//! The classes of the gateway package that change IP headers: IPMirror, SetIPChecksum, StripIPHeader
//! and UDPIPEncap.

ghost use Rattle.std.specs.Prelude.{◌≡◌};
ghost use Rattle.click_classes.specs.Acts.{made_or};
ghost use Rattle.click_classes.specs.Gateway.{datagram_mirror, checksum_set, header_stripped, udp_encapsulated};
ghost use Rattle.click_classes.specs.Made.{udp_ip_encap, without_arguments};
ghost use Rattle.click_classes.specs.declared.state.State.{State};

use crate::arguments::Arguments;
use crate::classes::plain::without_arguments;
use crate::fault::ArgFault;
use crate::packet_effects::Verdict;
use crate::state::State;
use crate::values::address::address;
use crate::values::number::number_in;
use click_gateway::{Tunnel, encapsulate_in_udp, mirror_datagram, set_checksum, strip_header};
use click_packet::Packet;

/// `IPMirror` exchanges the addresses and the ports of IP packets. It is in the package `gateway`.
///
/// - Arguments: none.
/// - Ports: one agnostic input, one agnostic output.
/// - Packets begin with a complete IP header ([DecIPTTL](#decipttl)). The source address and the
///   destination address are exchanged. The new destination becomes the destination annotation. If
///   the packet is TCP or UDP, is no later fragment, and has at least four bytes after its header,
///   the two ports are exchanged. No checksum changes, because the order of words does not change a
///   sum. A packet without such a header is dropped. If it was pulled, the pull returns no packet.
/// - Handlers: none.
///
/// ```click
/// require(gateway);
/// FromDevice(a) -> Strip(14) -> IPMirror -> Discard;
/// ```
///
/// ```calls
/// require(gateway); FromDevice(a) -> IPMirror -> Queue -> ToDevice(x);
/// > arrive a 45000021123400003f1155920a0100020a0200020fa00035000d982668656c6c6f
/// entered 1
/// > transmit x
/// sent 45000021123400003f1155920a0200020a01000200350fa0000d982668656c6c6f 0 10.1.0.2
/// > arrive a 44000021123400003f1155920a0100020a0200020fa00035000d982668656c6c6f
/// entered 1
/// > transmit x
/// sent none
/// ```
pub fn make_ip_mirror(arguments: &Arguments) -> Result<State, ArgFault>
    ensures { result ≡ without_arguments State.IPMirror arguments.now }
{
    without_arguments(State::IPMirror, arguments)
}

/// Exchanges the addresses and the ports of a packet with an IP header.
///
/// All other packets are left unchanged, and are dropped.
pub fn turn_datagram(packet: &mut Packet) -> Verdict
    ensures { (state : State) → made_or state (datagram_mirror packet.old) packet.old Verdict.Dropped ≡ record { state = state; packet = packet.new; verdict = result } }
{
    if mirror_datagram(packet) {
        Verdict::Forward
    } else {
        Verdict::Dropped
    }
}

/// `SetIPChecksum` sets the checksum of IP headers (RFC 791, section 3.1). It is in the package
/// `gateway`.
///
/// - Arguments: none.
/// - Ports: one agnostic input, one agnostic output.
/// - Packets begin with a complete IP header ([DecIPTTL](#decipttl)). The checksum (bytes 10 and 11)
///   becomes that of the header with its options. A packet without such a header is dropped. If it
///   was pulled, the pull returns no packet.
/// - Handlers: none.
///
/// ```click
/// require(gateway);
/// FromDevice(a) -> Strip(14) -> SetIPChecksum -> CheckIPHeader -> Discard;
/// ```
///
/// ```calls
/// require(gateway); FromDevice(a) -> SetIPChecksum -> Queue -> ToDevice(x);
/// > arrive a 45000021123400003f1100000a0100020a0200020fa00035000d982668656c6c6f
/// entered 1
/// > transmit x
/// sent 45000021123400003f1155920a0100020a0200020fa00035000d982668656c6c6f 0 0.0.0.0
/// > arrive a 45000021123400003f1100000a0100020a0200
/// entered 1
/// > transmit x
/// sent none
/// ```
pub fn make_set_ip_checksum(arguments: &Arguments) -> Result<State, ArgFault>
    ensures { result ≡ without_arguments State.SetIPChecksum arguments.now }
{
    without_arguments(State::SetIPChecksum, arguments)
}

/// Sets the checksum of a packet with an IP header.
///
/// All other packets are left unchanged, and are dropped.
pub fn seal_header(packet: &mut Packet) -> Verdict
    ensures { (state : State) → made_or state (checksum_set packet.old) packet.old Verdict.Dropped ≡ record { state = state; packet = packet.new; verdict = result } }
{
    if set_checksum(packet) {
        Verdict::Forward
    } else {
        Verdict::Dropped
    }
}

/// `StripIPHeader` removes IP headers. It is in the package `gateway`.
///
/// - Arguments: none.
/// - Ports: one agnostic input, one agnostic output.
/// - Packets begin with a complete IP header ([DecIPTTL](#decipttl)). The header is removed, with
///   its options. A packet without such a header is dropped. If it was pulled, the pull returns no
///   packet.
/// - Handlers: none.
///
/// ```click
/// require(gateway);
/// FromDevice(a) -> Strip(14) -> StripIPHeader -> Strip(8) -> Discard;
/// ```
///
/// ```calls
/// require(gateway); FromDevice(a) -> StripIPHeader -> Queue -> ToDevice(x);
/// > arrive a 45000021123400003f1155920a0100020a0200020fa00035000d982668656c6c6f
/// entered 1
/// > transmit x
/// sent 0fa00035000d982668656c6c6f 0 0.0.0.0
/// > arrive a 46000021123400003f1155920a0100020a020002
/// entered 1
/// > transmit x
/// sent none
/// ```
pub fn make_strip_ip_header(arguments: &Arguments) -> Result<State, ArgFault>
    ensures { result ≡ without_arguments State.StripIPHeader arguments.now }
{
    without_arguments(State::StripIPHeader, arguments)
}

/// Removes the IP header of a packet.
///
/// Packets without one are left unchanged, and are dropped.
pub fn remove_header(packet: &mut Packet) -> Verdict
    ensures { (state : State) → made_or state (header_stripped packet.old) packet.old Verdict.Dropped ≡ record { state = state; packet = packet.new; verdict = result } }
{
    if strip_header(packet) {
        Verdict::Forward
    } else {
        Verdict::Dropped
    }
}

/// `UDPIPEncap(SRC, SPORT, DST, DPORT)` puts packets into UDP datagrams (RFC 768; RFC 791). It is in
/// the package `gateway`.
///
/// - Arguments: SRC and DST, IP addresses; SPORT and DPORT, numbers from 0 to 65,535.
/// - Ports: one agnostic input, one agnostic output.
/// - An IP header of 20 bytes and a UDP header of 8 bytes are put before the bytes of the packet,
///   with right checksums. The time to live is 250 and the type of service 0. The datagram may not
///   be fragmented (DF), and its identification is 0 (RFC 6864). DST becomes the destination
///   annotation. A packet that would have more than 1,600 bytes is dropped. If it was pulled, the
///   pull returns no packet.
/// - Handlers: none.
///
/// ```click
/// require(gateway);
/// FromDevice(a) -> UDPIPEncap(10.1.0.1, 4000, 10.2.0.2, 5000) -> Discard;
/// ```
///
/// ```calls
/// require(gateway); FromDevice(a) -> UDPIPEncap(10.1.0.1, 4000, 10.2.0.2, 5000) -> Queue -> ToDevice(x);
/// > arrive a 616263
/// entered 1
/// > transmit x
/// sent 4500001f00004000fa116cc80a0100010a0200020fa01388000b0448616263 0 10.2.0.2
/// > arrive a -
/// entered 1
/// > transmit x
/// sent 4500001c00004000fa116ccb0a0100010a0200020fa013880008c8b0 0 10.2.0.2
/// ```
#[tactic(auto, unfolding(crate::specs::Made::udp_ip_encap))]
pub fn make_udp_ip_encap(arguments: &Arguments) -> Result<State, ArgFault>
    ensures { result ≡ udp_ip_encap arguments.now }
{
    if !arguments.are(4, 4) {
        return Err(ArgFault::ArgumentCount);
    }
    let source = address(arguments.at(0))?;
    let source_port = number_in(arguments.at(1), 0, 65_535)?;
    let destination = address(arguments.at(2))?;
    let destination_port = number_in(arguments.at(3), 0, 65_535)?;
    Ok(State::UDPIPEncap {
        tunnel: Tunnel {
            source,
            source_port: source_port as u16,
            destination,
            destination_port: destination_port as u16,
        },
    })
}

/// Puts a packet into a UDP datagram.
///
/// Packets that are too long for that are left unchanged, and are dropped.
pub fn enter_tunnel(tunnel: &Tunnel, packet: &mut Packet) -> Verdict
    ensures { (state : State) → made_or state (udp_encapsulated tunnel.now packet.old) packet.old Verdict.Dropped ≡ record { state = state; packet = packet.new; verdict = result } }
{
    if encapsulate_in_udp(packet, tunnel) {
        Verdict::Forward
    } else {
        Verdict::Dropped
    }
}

...

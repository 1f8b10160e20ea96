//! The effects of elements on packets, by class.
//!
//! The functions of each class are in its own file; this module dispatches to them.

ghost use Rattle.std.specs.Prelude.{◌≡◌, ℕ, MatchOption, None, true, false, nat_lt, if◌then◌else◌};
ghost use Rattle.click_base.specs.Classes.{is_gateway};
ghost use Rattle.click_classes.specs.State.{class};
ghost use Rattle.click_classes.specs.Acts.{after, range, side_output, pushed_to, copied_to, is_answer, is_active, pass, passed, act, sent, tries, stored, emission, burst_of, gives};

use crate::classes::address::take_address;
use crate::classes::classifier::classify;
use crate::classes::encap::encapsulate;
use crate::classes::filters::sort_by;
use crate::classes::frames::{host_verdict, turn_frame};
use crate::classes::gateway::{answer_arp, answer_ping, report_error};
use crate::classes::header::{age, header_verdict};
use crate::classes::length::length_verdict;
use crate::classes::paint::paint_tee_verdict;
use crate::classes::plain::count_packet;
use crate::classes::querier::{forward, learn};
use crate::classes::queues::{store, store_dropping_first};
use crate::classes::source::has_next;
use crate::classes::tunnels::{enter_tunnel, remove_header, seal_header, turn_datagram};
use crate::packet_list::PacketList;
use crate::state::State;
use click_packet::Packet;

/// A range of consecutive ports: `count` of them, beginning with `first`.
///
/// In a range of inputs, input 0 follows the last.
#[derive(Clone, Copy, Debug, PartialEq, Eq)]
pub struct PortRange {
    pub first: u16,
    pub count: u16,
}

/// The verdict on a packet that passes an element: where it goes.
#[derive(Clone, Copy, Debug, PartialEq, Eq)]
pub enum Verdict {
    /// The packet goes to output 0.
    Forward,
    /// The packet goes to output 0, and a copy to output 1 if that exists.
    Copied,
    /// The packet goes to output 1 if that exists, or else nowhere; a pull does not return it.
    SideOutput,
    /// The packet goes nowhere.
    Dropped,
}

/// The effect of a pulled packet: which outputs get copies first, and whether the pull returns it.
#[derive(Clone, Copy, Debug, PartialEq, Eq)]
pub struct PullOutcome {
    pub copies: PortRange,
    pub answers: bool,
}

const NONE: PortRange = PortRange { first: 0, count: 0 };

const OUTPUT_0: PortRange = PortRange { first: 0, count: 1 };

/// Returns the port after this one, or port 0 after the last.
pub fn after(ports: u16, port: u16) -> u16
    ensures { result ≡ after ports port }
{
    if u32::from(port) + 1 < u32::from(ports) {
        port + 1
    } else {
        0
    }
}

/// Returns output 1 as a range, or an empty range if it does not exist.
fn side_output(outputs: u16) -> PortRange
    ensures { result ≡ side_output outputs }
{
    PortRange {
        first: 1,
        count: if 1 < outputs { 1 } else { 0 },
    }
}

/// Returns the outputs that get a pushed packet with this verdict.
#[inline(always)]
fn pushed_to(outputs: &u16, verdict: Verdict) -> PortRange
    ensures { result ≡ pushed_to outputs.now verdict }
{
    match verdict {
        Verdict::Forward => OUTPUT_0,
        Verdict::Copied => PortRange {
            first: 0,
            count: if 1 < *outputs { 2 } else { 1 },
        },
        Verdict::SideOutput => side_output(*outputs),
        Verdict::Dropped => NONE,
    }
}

...

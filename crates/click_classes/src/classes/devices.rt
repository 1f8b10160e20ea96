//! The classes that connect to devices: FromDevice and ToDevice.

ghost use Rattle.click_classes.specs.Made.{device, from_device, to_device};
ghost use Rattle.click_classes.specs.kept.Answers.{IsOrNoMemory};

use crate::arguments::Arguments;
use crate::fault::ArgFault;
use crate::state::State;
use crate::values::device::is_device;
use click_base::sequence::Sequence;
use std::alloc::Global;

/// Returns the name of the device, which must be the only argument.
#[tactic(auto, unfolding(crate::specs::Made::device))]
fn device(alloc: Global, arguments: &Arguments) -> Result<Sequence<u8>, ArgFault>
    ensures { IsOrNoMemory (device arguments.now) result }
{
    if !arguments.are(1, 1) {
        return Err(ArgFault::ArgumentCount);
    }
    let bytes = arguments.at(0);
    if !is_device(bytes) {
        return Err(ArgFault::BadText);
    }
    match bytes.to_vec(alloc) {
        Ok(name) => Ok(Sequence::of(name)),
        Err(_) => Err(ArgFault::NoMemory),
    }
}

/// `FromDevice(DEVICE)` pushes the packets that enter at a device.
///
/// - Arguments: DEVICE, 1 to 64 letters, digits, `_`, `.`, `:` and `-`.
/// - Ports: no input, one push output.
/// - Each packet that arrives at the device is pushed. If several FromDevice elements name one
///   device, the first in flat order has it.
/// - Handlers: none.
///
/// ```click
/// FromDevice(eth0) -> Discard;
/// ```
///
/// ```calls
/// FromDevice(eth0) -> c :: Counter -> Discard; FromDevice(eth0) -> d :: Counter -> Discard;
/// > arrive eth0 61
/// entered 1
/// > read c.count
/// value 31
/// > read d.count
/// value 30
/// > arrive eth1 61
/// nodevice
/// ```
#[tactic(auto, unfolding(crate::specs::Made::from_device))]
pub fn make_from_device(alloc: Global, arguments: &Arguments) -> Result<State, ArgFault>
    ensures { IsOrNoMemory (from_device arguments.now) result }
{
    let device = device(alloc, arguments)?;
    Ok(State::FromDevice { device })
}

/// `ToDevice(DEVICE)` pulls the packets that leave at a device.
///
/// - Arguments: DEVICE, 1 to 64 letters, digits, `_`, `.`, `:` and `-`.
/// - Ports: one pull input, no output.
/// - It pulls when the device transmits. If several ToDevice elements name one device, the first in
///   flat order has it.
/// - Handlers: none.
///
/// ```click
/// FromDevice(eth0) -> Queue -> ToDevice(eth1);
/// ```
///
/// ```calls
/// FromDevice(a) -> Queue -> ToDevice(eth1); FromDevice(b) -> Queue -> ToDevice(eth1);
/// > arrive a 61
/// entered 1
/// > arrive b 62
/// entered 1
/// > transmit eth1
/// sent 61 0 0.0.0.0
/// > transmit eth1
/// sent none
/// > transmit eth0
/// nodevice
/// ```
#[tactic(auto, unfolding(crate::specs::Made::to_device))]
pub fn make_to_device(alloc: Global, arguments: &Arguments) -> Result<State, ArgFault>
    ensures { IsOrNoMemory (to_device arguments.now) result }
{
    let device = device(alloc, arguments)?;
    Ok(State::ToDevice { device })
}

:: WHAT THE EXERCISE ASKS ::
The required output is every line above that contains the string "package".

:: TASK OUTPUT ::
//! The classes of the gateway package that change IP headers: IPMirror, SetIPChecksum, StripIPHeader
/// `IPMirror` exchanges the addresses and the ports of IP packets. It is in the package `gateway`.
/// `SetIPChecksum` sets the checksum of IP headers (RFC 791, section 3.1). It is in the package
/// `StripIPHeader` removes IP headers. It is in the package `gateway`.
/// the package `gateway`.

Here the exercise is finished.